APT is an analytical microscopic technique, which can recognise the position and chemical identity of the atoms making up a material, with nanometer precision.
Finding out what happens to materials on an atomic scale, in an environment subjected to irradiation, is important because of the way atoms are dislodged causing material degradation. By understanding more about this process, the hope is that more advanced materials can be manufactured, specifically finding suitable structural materials for a fusion reactor wall.
The APT method removes atoms from a needle shaped specimen by subjecting it to a high-voltage and short laser pulse. This causes field-evaporation and converts the atoms of the sample into charged ions. The applied electric field accelerates the ions towards a detector, which registers the time it takes for each ion to arrive and its impact position. From this, it is possible to determine the elements of the material, as well as the original atomic positions.
UKAEA materials scientist, Andy London, is leading work studying materials, including Eurofer steel and copper chrome zirconium, to find out more about their microstructure. Utilising the work of UKAEA’s Materials Research Facility (MRF) and Oxford University, he hopes to provide more information about the movement of different alloying elements in these materials and infer how this changes their properties.

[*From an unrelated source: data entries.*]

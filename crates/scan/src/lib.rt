// The code that goes with the vocabulary of scans: clearing the front of a buffer, and writing over it.
#![tactic(auto)]

ghost use Rattle.std.specs.Prelude.{◌≡◌, take};
ghost use Rattle.scan.specs.Front.{cleared};
ghost use Rattle.scan.specs.Placed.{placed};

// Zeroes the first n words, or all if there are fewer.
pub fn clear_front(words: &mut [u32], n: usize)
    ensures { words.new ≡ cleared n words.old }
{
    let front = n.min(words.len());
    words[..front].fill(0);
}

// Writes the first n numbers of a row over the front of a buffer, at most as many as the row has and the buffer holds.
pub fn write_row<T: Copy>(row: [T; 32], out: &mut [T], n: usize)
    ensures { out.new ≡ placed out.old 0 (take n row) }
{
    let front = n.min(row.len()).min(out.len());
    out[..front].copy_from_slice(&row[..front]);
}
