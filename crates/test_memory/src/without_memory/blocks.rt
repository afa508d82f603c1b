//! Blocks that are read by recursion.

use crate::blocks::{FLOAT, with_floats};
use dag_cbor::{BlockSize, check_block, count_links, measure_block};
use std::process::Abort;

#[test]
fn checked_counted_and_measured(rt: HostRuntime) {
    let options = with_floats();
    assert!(rt; check_block(rt.alloc(), &FLOAT, &options).is_ok());
    assert!(rt; count_links(rt.alloc(), &FLOAT, &options) == Ok(1));
    let expected = BlockSize {
        levels: 2,
        values: 4,
        links: 1,
    };
    assert!(rt; measure_block(rt.alloc(), &FLOAT, &options) == Ok(expected));
}
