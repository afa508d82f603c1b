//! Sources of tokens, values read from a few tokens, codecs, and ends that fail.

use crate::ended::{Ended, reported};
use crate::samples::A;
use dag_cbor::CborTokens;
use ipld_core::codec::{Codec, FaultReader, FaultWriter, LinkIter, Links, RawCodec, RawError};
use ipld_core::serde::{
    ExtractLinks, FaultSource, SliceSource, Stopped, Token, TokenBytes, TokenSource, read_ipld,
};
use ipld_links_run::{Status, run};
use ipld_tree::Ipld;

const TOKENS: [Token<'static>; 2] = [Token::Link, Token::Bytes(TokenBytes::Lent(&A))];

const SOME: [Token<'static>; 2] = [Token::Some, Token::Bool(true)];

#[test]
fn of_tokens(rt: HostRuntime) {
    let tokens = TOKENS;
    let mut source = SliceSource::new(&tokens);
    assert!(rt; source.next_token() == Ok(Some(Token::Link)));
    let bytes = TokenBytes::Lent(A.as_slice());
    assert!(rt; bytes.as_slice() == A.as_slice());
    assert!(rt; source.next_token() == Ok(Some(Token::Bytes(bytes))));
    assert!(rt; source.next_token() == Ok(None) && !source.has_failed());
    let tokens = TOKENS;
    let mut source = FaultSource::new(&tokens, 1);
    assert!(rt; source.next_token() == Ok(Some(Token::Link)));
    assert!(rt; source.next_token() == Err(Stopped) && source.has_failed());
    assert!(rt; !CborTokens::new(rt.alloc(), &A).has_failed());
}

#[test]
fn read_from_tokens(rt: HostRuntime) -> Result<(), Ended> {
    let tree = read_ipld(rt.alloc(), &mut SliceSource::new(&SOME));
    assert!(rt; tree == Ok(Ipld::Bool(true)));
    let links = ExtractLinks::<64>::deserialize(rt.alloc(), &mut SliceSource::new(&SOME));
    let links = reported("ExtractLinks::deserialize", links)?.into_vec();
    assert!(rt; links.is_empty());
    Ok(())
}

#[test]
fn of_codecs(rt: HostRuntime) -> Result<(), Ended> {
    assert!(rt;
        reported("links", RawCodec::links(rt.alloc(), &A))?
            .next()
            .is_none()
    );
    assert!(rt; LinkIter::new(Vec::new(rt.alloc())).next().is_none());
    let read: Result<Ipld, RawError> = RawCodec::decode(rt.alloc(), &mut FaultReader::new(&A, 0));
    assert!(rt; read == Err(RawError::Read));
    let value = Ipld::Bytes(Vec::new(rt.alloc()));
    assert!(rt; RawCodec::encode(rt.alloc(), &mut FaultWriter::new(0), &value) == Ok(()));
    let refused = RawCodec::encode(rt.alloc(), &mut FaultWriter::new(0), &Ipld::Null);
    assert!(rt; matches!(refused, Err(RawError::NotBytes(_))));
    Ok(())
}

#[test]
fn an_unknown_word(rt: HostRuntime) -> Result<(), Ended> {
    let mut page = [0u8; 64];
    let mut writer = page.as_mut_slice();
    let status = run(rt.alloc(), "none", &mut A.as_slice(), &mut writer);
    assert!(rt; reported("run", status)? == Status::NotUnderstood);
    assert!(rt; page.starts_with(b"usage: "));
    Ok(())
}

const EACH: [Token<'static>; 17] = [
    Token::None,
    Token::Unit,
    Token::UnitStruct,
    Token::Bool(true),
    Token::Int(-7),
    Token::U128(7),
    Token::Char('c'),
    Token::Str("x"),
    Token::Bytes(TokenBytes::Lent(&A)),
    Token::UnitVariant("v"),
    Token::Some,
    Token::Variant("v"),
    Token::Link,
    Token::Seq(Some(usize::MAX)),
    Token::SeqEnd,
    Token::Map(None),
    Token::MapEnd,
];

#[test]
fn of_each_token(rt: HostRuntime) {
    let (tokens, expected) = (EACH, EACH);
    let mut source = SliceSource::new(&tokens);
    for token in expected {
        assert!(rt; source.next_token() == Ok(Some(token)));
    }
    assert!(rt; source.next_token() == Ok(None) && !source.has_failed());
    let expected = EACH;
    let mut source = FaultSource::new(&tokens, 17);
    for token in expected {
        assert!(rt; source.next_token() == Ok(Some(token)));
    }
    assert!(rt; !source.has_failed());
    assert!(rt; source.next_token() == Err(Stopped) && source.has_failed());
}
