//! Empty trees, measured, looked into and compared.

use crate::ended::Ended;
use crate::samples::{A, KINDS, cid, of_kind};
use ipld_tree::{IndexError, IntoIndex, Ipld, IpldIndex, IpldKind};
use std::alloc::Global;
use std::collections::BTreeMap;
use std::process::Abort;

#[test]
fn kinds(rt: HostRuntime) -> Result<(), Ended> {
    let alloc = rt.alloc();
    let link = Ipld::Link(cid(&A)?);
    assert!(rt; Ipld::Null.kind() == IpldKind::Null && link.kind() == IpldKind::Link);
    assert!(rt; Ipld::List(Vec::new(alloc)).nesting() == Some(1) && link.nesting() == Some(0));
    assert!(rt; link != Ipld::Null && link == Ipld::Link(cid(&A)?));
    Ok(())
}

#[test]
fn looked_into(rt: HostRuntime) {
    let list = Ipld::List(Vec::new(rt.alloc()));
    assert!(rt; list.get(0) == Ok(None) && list.get("+7") == Ok(None));
    assert!(rt; list.get("x") == Err(IndexError::ParseInteger(IpldIndex::MapRef("x"))));
    assert!(rt; list.take(String::new(rt.alloc())).is_err());
    let map = Ipld::Map(BTreeMap::new(rt.alloc()));
    assert!(rt; map.get(0) == Ok(None) && map.take("x") == Ok(None));
    assert!(rt; Ipld::Null.take(0) == Err(IndexError::WrongKind(IpldKind::Null)));
    let list = Ipld::List(Vec::new(rt.alloc()));
    assert!(rt; list.at_path("/0/a") == Ok(None) && list.at_path("") == Ok(Some(&list)));
    assert!(rt; list.at_path("x/0") == Err(IndexError::ParseInteger(IpldIndex::MapRef("x"))));
}

#[test]
fn indexes(rt: HostRuntime) {
    let empty = String::new(rt.alloc());
    assert!(rt; usize::try_from("7".into_index()) == Ok(7));
    assert!(rt; usize::try_from(7.into_index()) == Ok(7));
    assert!(rt; usize::try_from(empty.into_index()).is_err());
}

// Checks that a tree other than a list or a map is rejected by its kind, whatever the index is.
fn is_no_container(rt: &impl Abort, alloc: Global, kind: IpldKind) -> Result<(), Ended> {
    let tree = of_kind(alloc, kind)?;
    assert!(rt; tree.get(0) == Err(IndexError::WrongKind(kind)));
    assert!(rt; tree.get("x") == Err(IndexError::WrongKind(kind)));
    assert!(rt; tree.get(String::new(alloc)) == Err(IndexError::WrongKind(kind)));
    assert!(rt; tree.get(IpldIndex::List(1)) == Err(IndexError::WrongKind(kind)));
    assert!(rt; tree.take(0) == Err(IndexError::WrongKind(kind)));
    let tree = of_kind(alloc, kind)?;
    assert!(rt; tree.take("x") == Err(IndexError::WrongKind(kind)));
    let tree = of_kind(alloc, kind)?;
    assert!(rt; tree.take(String::new(alloc)) == Err(IndexError::WrongKind(kind)));
    let tree = of_kind(alloc, kind)?;
    assert!(rt; tree.take(IpldIndex::List(1)) == Err(IndexError::WrongKind(kind)));
    Ok(())
}

#[test]
fn kinds_that_hold_nothing(rt: HostRuntime) -> Result<(), Ended> {
    for kind in KINDS {
        let tree = of_kind(rt.alloc(), kind)?;
        assert!(rt; tree.kind() == kind);
        if kind != IpldKind::List && kind != IpldKind::Map {
            is_no_container(&rt, rt.alloc(), kind)?;
        }
    }
    Ok(())
}

// Checks that a list reads a text as Rust reads a `usize`.
#[test]
fn texts_as_indexes_of_a_list(rt: HostRuntime) {
    let alloc = rt.alloc();
    let list = Ipld::List(Vec::new(alloc));
    for text in ["0", "7", "+7", "007", "18446744073709551615"] {
        assert!(rt; list.get(text) == Ok(None), "{text}");
        assert!(rt;
            Ipld::List(Vec::new(alloc)).take(text) == Ok(None),
            "{text}"
        );
    }
    for text in ["", "+", "-1", "-0", " 1", "x", "18446744073709551616"] {
        let expected = IndexError::ParseInteger(IpldIndex::MapRef(text));
        assert!(rt; list.get(text) == Err(expected), "{text}");
        let expected = IndexError::ParseInteger(IpldIndex::MapRef(text));
        assert!(rt;
            Ipld::List(Vec::new(alloc)).take(text) == Err(expected),
            "{text}"
        );
        let expected = IndexError::ParseInteger(IpldIndex::MapRef(text));
        assert!(rt;
            usize::try_from(text.into_index()) == Err(expected),
            "{text}"
        );
    }
    assert!(rt; list.get(IpldIndex::List(7)) == Ok(None));
    assert!(rt; usize::try_from(IpldIndex::MapRef("+7")) == Ok(7));
    assert!(rt; usize::try_from("18446744073709551615".into_index()) == Ok(usize::MAX));
}

#[test]
fn no_keys_of_a_map(rt: HostRuntime) {
    let alloc = rt.alloc();
    let map = Ipld::Map(BTreeMap::new(alloc));
    for text in ["", "7", "x", "-1"] {
        assert!(rt; map.get(text) == Ok(None), "{text}");
        assert!(rt;
            Ipld::Map(BTreeMap::new(alloc)).take(text) == Ok(None),
            "{text}"
        );
    }
    assert!(rt; map.get(usize::MAX) == Ok(None) && map.get(IpldIndex::List(0)) == Ok(None));
    assert!(rt; map.get(String::new(alloc)) == Ok(None));
    assert!(rt; map.take(IpldIndex::List(usize::MAX)) == Ok(None));
}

He said: “The atom probe technique, while limited to very small samples, is an incredibly powerful material science tool. A material’s properties are determined by the identity, position and bonding of its atoms, and atom probe gives us two-thirds of this information.

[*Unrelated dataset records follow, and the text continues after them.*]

//! CIDs read, created, taken apart, compared and printed, and CIDs of blocks.

use crate::ended::Ended;
use crate::samples::{A, B, cid};
use ipld_block::{cid_of, verify};
use ipld_cid::{Cid, CidError, CidGeneric, DAG_PB, IDENTITY, Multihash, RAW, SHA2_256, Version};
use ipld_cid_text::parse_any;
use std::hash::{DefaultHasher, Hash, Hasher};
use std::io::Write;
use std::process::Abort;

#[test]
fn made_and_read(rt: HostRuntime) -> Result<(), Ended> {
    let digest = [7u8; 32];
    let hash = Multihash::<64>::wrap(SHA2_256, &digest)?;
    assert!(rt; hash.code() == SHA2_256 && hash.size() == 32);
    assert!(rt; hash.digest() == digest.as_slice());
    let first = Cid::new_v0(hash)?;
    assert!(rt; first.version() == Version::V0 && first.codec() == DAG_PB);
    let second = Cid::new_v1(RAW, hash);
    assert!(rt; second.version() == Version::V1 && second.codec() == RAW);
    assert!(rt; *second.hash() == hash && first < second && first != second);
    assert!(rt; first.encoded_len() == 34 && second.encoded_len() == 36);
    let read = cid(&B)?;
    assert!(rt; read == Cid::new_v1(RAW, Multihash::wrap(IDENTITY, &[7])?));
    assert!(rt; Cid::from_text(rt.alloc(), "bafkqaaih") == Ok(read));
    assert!(rt; Cid::try_from(&B[..4]) == Err(CidError::End));
    assert!(rt; Cid::try_from([].as_slice()) == Err(CidError::End));
    Ok(())
}

// The first bytes of a version 1 CID with 128 bytes of digest, and letters after them.
const LONG: &str =
    "bafkqbaabaaaaaaaaaaaaaaaaaaaaaaaaaaaaaaaaaaaaaaaaaaaaaaaaaaaaaaaaaaaaaaaaaaaaaaaaaaaaaaaaaaaaaaaaaaaaaaaaaaaaaaaaaaaaaaaaaaaaaaaaaaaaaaaaaaaaaaaaaaaaaaaaaaaaaaaaaaaaaaaaaaaaaaaaaaaaaaaaaaaaaaaaaaaa";

#[test]
fn from_texts(rt: HostRuntime) -> Result<(), Ended> {
    let read = cid(&B)?;
    assert!(rt; "bafkqaaih".parse::<Cid>() == Ok(read) && Cid::try_from("bafkqaaih") == Ok(read));
    assert!(rt; LONG.parse::<Cid>() == Err(CidError::DigestTooLong));
    let text = "bafyreibvjvcv745gig4mvqs4hctx4zfkono4rjejm2ta6gtyzkqxfjeily";
    let first = Cid::from_text(rt.alloc(), text);
    assert!(rt; first.is_ok_and(|cid| cid.encoded_len() == 36));
    let empty = CidGeneric::<0>::from_text(rt.alloc(), "bafkqaaa");
    assert!(rt; empty.is_ok_and(|cid| cid.encoded_len() == 4));
    let outcome = CidGeneric::<0>::from_text(rt.alloc(), "bafkqaaih");
    assert!(rt; outcome == Err(CidError::DigestTooLong));
    for text in ["bafkqaaih", "BAFKQAAIH", "f0155000107", "uAVUAAQc"] {
        assert!(rt; parse_any(text) == Ok(read), "{text}");
    }
    assert!(rt; parse_any("uAVUAAQd").is_err() && parse_any("z0").is_err());
    assert!(rt; verify(&cid_of(RAW, b"abc"), b"abc").is_ok());
    assert!(rt; verify(&cid_of(RAW, b"abc"), b"abd").is_err());
    Ok(())
}

fn hash_of(cid: &Cid) -> u64 {
    let mut state = DefaultHasher::new();
    Hash::hash(cid, &mut state);
    state.finish()
}

#[test]
fn to_buffers_and_hashes(rt: HostRuntime) -> Result<(), Ended> {
    let read = cid(&B)?;
    let mut buffer = [0u8; 5];
    assert!(rt; matches!(Cid::split_front(&B), Ok((split, [])) if split == read));
    assert!(rt; read.write_to(&mut buffer) == Some(5) && buffer == B);
    assert!(rt; read.write_to(&mut buffer[..4]).is_none());
    let hash = Multihash::<64>::from_bytes(&B[2..]);
    assert!(rt; hash == Ok(*read.hash()) && read.hash().encoded_len() == 3);
    assert!(rt; hash_of(&cid(&A)?) == hash_of(&cid(&A)?));
    let cid = cid(&A)?;
    let mut page = [0u8; 8];
    let mut writer = page.as_mut_slice();
    assert!(rt; write!(writer, "{cid}").is_ok());
    assert!(rt; page.as_slice() == b"bafkqaaa".as_slice());
    Ok(())
}

// Checks that the bytes are not a CID, and that this is the first error.
fn is_rejected(rt: &impl Abort, bytes: &[u8], expected: CidError) {
    assert!(rt; Cid::try_from(bytes) == Err(expected));
}

#[test]
fn rejected_by_each_fault(rt: HostRuntime) -> Result<(), Ended> {
    is_rejected(&rt, b"", CidError::End);
    is_rejected(&rt, b"\x12", CidError::End);
    is_rejected(&rt, b"\x01\x55\0", CidError::End);
    is_rejected(&rt, b"\x01\x55\0\x40", CidError::End);
    is_rejected(&rt, b"\x81\0\x55\0\0", CidError::NotShortest);
    is_rejected(&rt, b"\0\x55", CidError::ExplicitVersion0);
    is_rejected(&rt, b"\x12\x21", CidError::UnknownVersion(0x12));
    is_rejected(&rt, b"\x01\x55\0\x41", CidError::DigestTooLong);
    is_rejected(&rt, b"\x01\x55\0\0\0", CidError::TrailingBytes);
    let codec = b"\x01\xff\xff\xff\xff\xff\xff\xff\xff\xff\x02\0\0";
    is_rejected(&rt, codec, CidError::VarintTooLarge);
    let codec = b"\x01\xff\xff\xff\xff\xff\xff\xff\xff\xff\x01\0\0";
    let read = Cid::try_from(codec.as_slice())?;
    assert!(rt; read.codec() == u64::MAX && read.encoded_len() == 13);
    Ok(())
}

#[test]
fn of_version_0_and_of_long_digests(rt: HostRuntime) -> Result<(), Ended> {
    let mut bytes = [0u8; 34];
    bytes[0] = 0x12;
    bytes[1] = 0x20;
    let read = Cid::try_from(bytes.as_slice())?;
    assert!(rt;
        read.version() == Version::V0 && read.codec() == DAG_PB && read.encoded_len() == 34
    );
    is_rejected(&rt, &bytes[..33], CidError::End);
    assert!(rt; CidGeneric::<16>::try_from(bytes.as_slice()) == Err(CidError::DigestTooLong));
    assert!(rt; Cid::new_v0(*read.hash()) == Ok(read));
    let hash = Multihash::wrap(IDENTITY, &bytes[..32])?;
    assert!(rt; Cid::new_v0(hash) == Err(CidError::InvalidV0Multihash));
    let hash = Multihash::wrap(SHA2_256, &bytes[..31])?;
    assert!(rt; Cid::new_v0(hash) == Err(CidError::InvalidV0Multihash));
    let digest = [0u8; 65];
    assert!(rt; Multihash::<64>::wrap(IDENTITY, &digest) == Err(CidError::DigestTooLong));
    let longest = Multihash::<64>::wrap(IDENTITY, &digest[..64])?;
    assert!(rt; longest.size() == 64 && Cid::new_v1(RAW, longest).encoded_len() == 68);
    Ok(())
}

“I’ve been using ion irradiation to quickly simulate neutron damage in a range of different materials. Atom probe is ideal for characterising the nanometer scale changes that occur as a result of the irradiation – which in turn affect the material’s properties at the metre-scale.
“None of the atom probe work would have been possible without the support of the Oxford Atom Probe research group; it is an amazing resource to have just a few miles from our site in Culham.”